A vasectomy is a minor, outpatient surgical procedure that interrupts the sperm flow between the testicle and the penis. There are two kinds, conventional and no-scalpel. The first method entails two small incisions in the scrotum, making it possible to remove a small piece of the vas, or tube that connects the testicle and penis. During a no-scalpel procedure, the surgeon uses a special instrument to puncture the skin and lift out the vas so that it can be tied or cauterized. Full recovery takes about a week, but returning to light work is possible in just a few days.
Types of Vasectomy:
What to Expect After Surgery
Your scrotum will be numb for 1 to 2 hours after a vasectomy. Apply cold packs to the area and lie on your back as much as possible for the rest of the day. Wearing snug under wear or a jockstrap will help relieve discomfort and protect the area.

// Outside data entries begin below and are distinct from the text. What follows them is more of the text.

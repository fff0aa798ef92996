//! Threads that share a board: a lock that holds a pass, a value that leaves the lock with one, and a shard's pass.

ghost use Rattle.std.specs.Prelude.{◌≡◌, ◌<◌, ◌≤◌, IfOk, [], length, take, slice_index};
ghost use mathlib.Core.List.{IsPrefix};
ghost use Rattle.mv_seats.specs.Knowing.{Plain, Gate, Shard, gate_pass, plain};

use mv_seats::board::{Blank, Board, Making};
use mv_seats::pass::Pass;
use mv_values::calls::{Call, Options};
use mv_values::list::List;
use mv_values::memory::NoMemory;
use std::alloc::Global;
use std::marker::{Brand, Model};
use std::sync::{Mutex, Wait};
use std::test::*;
use std::thread::{Threads, join};

/// A start, with what its holder has seen. It leaves the lock.
#[derive(Drop)]
struct Held<N: Making> {
    start: u32,
    pass: Pass<N>,
}

/// Contracts see the calls of the commits up to the start.
impl<N: Making> Model for Held<N> {
    ghost use Rattle.std.specs.Prelude.{◌≡◌, ◌≤◌, List, ℕ, length, take};
    ghost use Rattle.mv_seats.specs.Knowing.{Plain};

    ghost Value = { List ℕ };

    ghost view = { λ h. take h.start h.pass.seen };

    ghost invariant = { λ h. (h.pass.role ≡ Plain) × (h.start ≤ length h.pass.seen) };
}

/// The gate's pass, which appends the calls in their order. It is behind a lock.
#[derive(Drop)]
struct Scheduler<N: Making> {
    pass: Pass<N>,
    next: u32,
    calls: u32,
}

impl<N: Making> Model for Scheduler<N> {
    ghost use Rattle.std.specs.Prelude.{◌≡◌, ◌≤◌, ◌<◌, List, ℕ, length, true};
    ghost use Rattle.std.specs.List.{list_any};
    ghost use lib.Dec.{eqb};
    ghost use Rattle.mv_seats.specs.Knowing.{Gate};

    ghost Value = { List ℕ };

    ghost view = { λ d. d.pass.seen };

    ghost invariant = { λ d. (d.pass.role ≡ Gate) × (d.next ≡ length d.pass.seen) × ((call : ℕ) → list_any (eqb call) d.pass.seen ≡ true → call < d.next) × (d.calls ≡ length N.script.calls) × (d.next ≤ d.calls) };
}

/// Splits off a plain pass, which takes no memory.
fn note<N: Making>(pass: &mut Pass<N>, board: &Board<N>) -> Pass<N>
    ensures same { pass.new ≡ pass.old }
    ensures note { result ≡ plain pass.old }
{
    let Ok(note) = pass.note(board) else {
        unreachable!();
    };
    note
}

impl<N: Making> Held<N> {
    /// Sees what another pass has seen.
    fn meet(&mut self, board: &Board<N>, other: Pass<N>)
        requires { other.role ≡ Plain }
        ensures { self.new ≡ self.old }
    {
        self.pass.meet(board, other);
    }
}

impl<N: Making> Scheduler<N> {
    fn new(pass: Pass<N>, calls: u32) -> Scheduler<N>
        requires pass { pass ≡ gate_pass }
        requires calls { calls ≡ length N.script.calls }
        ensures { result ≡ [] }
    {
        Scheduler {
            pass,
            next: 0,
            calls,
        }
    }

    /// Gives a start at the newest commit.
    fn start(&mut self, board: &Board<N>) -> Held<N>
        ensures same { self.new ≡ self.old }
        ensures held { result ≡ self.old }
    {
        let pass = note(&mut self.pass, board);
        Held {
            start: self.next,
            pass,
        }
    }

    /// Appends the next call, if one is left, and shows the history to the holder.
    fn append(&mut self, board: &Board<N>, held: &mut Held<N>)
        ensures { held.new ≡ held.old }
    {
        if self.next == self.calls {
            return;
        }
        self.pass.append(board, self.next);
        self.next += 1;
        let note = note(&mut self.pass, board);
        held.meet(board, note);
    }

    fn count(&mut self, board: &Board<N>) -> u32
        ensures { result ≡ length self.old }
    {
        self.pass.count(board)
    }
}

/// Appends this many calls, or those that are left. Its start still means what it meant.
fn work<N: Making, R: Wait>(
    rt: &R,
    board: &Board<N>,
    scheduler: &Mutex<Scheduler<N>>,
    held: &mut Held<N>,
    calls: u32,
)
    ensures { held.new ≡ held.old }
{
    for _ in 0..calls {
        scheduler.lock(rt).append(board, held);
    }
}

/// Two threads append the calls of one board between them. Returns the count of commits.
fn append_all<N: Making + Send + Sync, R: Threads + Wait + Sync>(
    rt: &R,
    blank: Blank,
    calls: u32,
) -> u32
    requires board { blank.board ≡ N.board }
    requires script { blank.script ≡ N.script }
    requires calls { calls ≡ length N.script.calls }
{
    let (board, pass) = blank.open::<N>();
    let mut scheduler = Scheduler::new(pass, calls);
    let mut first = scheduler.start(&board);
    let mut second = scheduler.start(&board);
    let scheduler = Mutex::new(scheduler);
    join(
        rt,
        || work(rt, &board, &scheduler, &mut first, calls),
        || work(rt, &board, &scheduler, &mut second, calls),
    );
    scheduler.into_inner().count(&board)
}

/// Returns calls without arguments.
fn bare_calls(alloc: Global, count: u32) -> Result<List<Call>, NoMemory>
    ensures { IfOk result (λ calls. length calls ≡ count) }
{
    let mut calls = List::new(alloc);
    for _ in 0..count {
        calls.push(Call {
            procedure: 0,
            arguments: List::new(alloc),
        })?;
    }
    Ok(calls)
}

/// Returns a board for calls without arguments.
fn blank_of(alloc: Global, count: u32, shards: u32) -> Result<Blank, NoMemory>
    requires calls { count ≤ 1000000 }
    requires shards { (1 ≤ shards) × (shards ≤ 64) }
    ensures { IfOk result (λ blank. (length blank.script.calls ≡ count) × (blank.script.shards ≡ shards)) }
{
    let calls = bare_calls(alloc, count)?;
    let options = Options {
        rounds: 3,
        horizon: None,
    };
    Blank::new(
        alloc,
        &List::new(alloc),
        &calls,
        &List::new(alloc),
        &options,
        shards,
    )
}

#[test]
fn each_call_is_appended_once(rt: HostRuntime) -> Result<(), Fail> {
    let blank = blank_of(rt.alloc(), 1000, 1)?;
    assert_eq!(rt; append_all::<Brand, _>(&rt, blank, 1000), 1000);
    Ok(())
}

/// The pass of shard `Q`, whose chains hold `upto` commits. It is behind a lock.
#[derive(Drop)]
struct Store<N: Making, const Q: u32> {
    pass: Pass<N>,
    upto: u32,
}

impl<N: Making, const Q: u32> Model for Store<N, Q> {
    ghost use Rattle.std.specs.Prelude.{◌≡◌, ◌≤◌, ◌<◌, ℕ, length, slice_index};
    ghost use Rattle.mv_seats.specs.Knowing.{Shard};

    ghost Value = { ℕ };

    ghost view = { λ s. s.upto };

    ghost invariant = { λ s. (s.pass.role ≡ Shard Q) × (Q < N.script.shards) × (s.upto ≡ slice_index s.pass.marks Q) × (s.upto ≤ length s.pass.seen) };
}

impl<N: Making, const Q: u32> Store<N, Q> {
    fn new(pass: Pass<N>) -> Store<N, Q>
        requires pass { (pass.role ≡ Shard Q) × (slice_index pass.marks Q ≡ 0) }
        requires there { Q < N.script.shards }
        ensures { result ≡ 0 }
    {
        Store { pass, upto: 0 }
    }

    /// Returns how many commits the chains hold. They are among those that the reader then has seen, and no fewer than the
    /// mark that it knew.
    #[tactic(auto, using(mv_seats::proofs::Roles::own_kept, mv_seats::proofs::Prefixes::prefix_length))]
    fn read(&mut self, board: &Board<N>, reader: &mut Pass<N>) -> u32
        requires { reader.old.role ≡ Plain }
        ensures same { self.new ≡ self.old }
        ensures mark { (result ≡ self.old) × (slice_index reader.old.marks Q ≤ result) }
        ensures seen { result ≤ length reader.new.seen }
        ensures longer { IsPrefix reader.old.seen reader.new.seen }
    {
        self.pass.meet(board, note(reader, board));
        self.pass.installed(board, Q);
        reader.meet(board, note(&mut self.pass, board));
        self.upto
    }

    /// Installs all that the gate's pass has seen, which then knows the mark.
    #[tactic(auto, using(mv_seats::proofs::Roles::own_kept, mv_seats::proofs::Roles::shard_has, mv_seats::proofs::Prefixes::prefix_length, mv_seats::proofs::Meeting::at_greater))]
    fn install(&mut self, board: &Board<N>, gate: &mut Pass<N>, count: u32)
        requires gate { gate.old.role ≡ Gate }
        requires count { count ≡ length gate.old.seen }
        requires rises { self.old ≤ count }
        ensures gate { (gate.new.role ≡ Gate) × (gate.new.seen ≡ gate.old.seen) }
        ensures mark { (self.new ≡ count) × (count ≤ slice_index gate.new.marks Q) }
    {
        self.pass.meet(board, note(gate, board));
        self.pass.installed(board, Q);
        self.pass.install(board, Q, count);
        self.upto = count;
        gate.meet(board, note(&mut self.pass, board));
    }
}

/// A shard installs what the gate's pass has seen, and a reader meets it. Returns the mark that the reader loads, the
/// commits that the chains hold, and the count of commits.
fn install_one<N: Making>(blank: Blank) -> [u32; 3]
    requires board { blank.board ≡ N.board }
    requires script { blank.script ≡ N.script }
    requires calls { 0 < length N.script.calls }
    requires shards { N.script.shards ≡ 2 }
{
    let (board, mut gate) = blank.open::<N>();
    let mut reader = note(&mut gate, &board);
    let mut store = Store::<N, 1>::new(gate.hand(&board, 1));
    gate.append(&board, 0);
    store.install(&board, &mut gate, 1);
    let mark = reader.installed(&board, 1);
    let upto = store.read(&board, &mut reader);
    [mark, upto, reader.count(&board)]
}

#[test]
fn mark_is_raised(rt: HostRuntime) -> Result<(), Fail> {
    let blank = blank_of(rt.alloc(), 1, 2)?;
    assert_eq!(rt; install_one::<Brand>(blank), [1, 1, 1]);
    Ok(())
}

You may have some swelling and minor pain in your scrotum for several days after the surgery. Unless your work is strenuous, you will be able to return to work in 1 or 2 days. Avoid heavy lifting for a week.
You can resume sexual intercourse as soon as you feel comfortable, typically in about a week. It is important to understand that you can still get your partner pregnant until your sperm count is zero.
A vasectomy will not interupt your sex drive, ability to have erections, sensation of orgasm, or ability to ejaculate. You may potentially have occasional mild aching in your testicles during sexual arousal for a few months after the surgery.
Full recovery takes about a week, but returning to light work is possible in just a few days.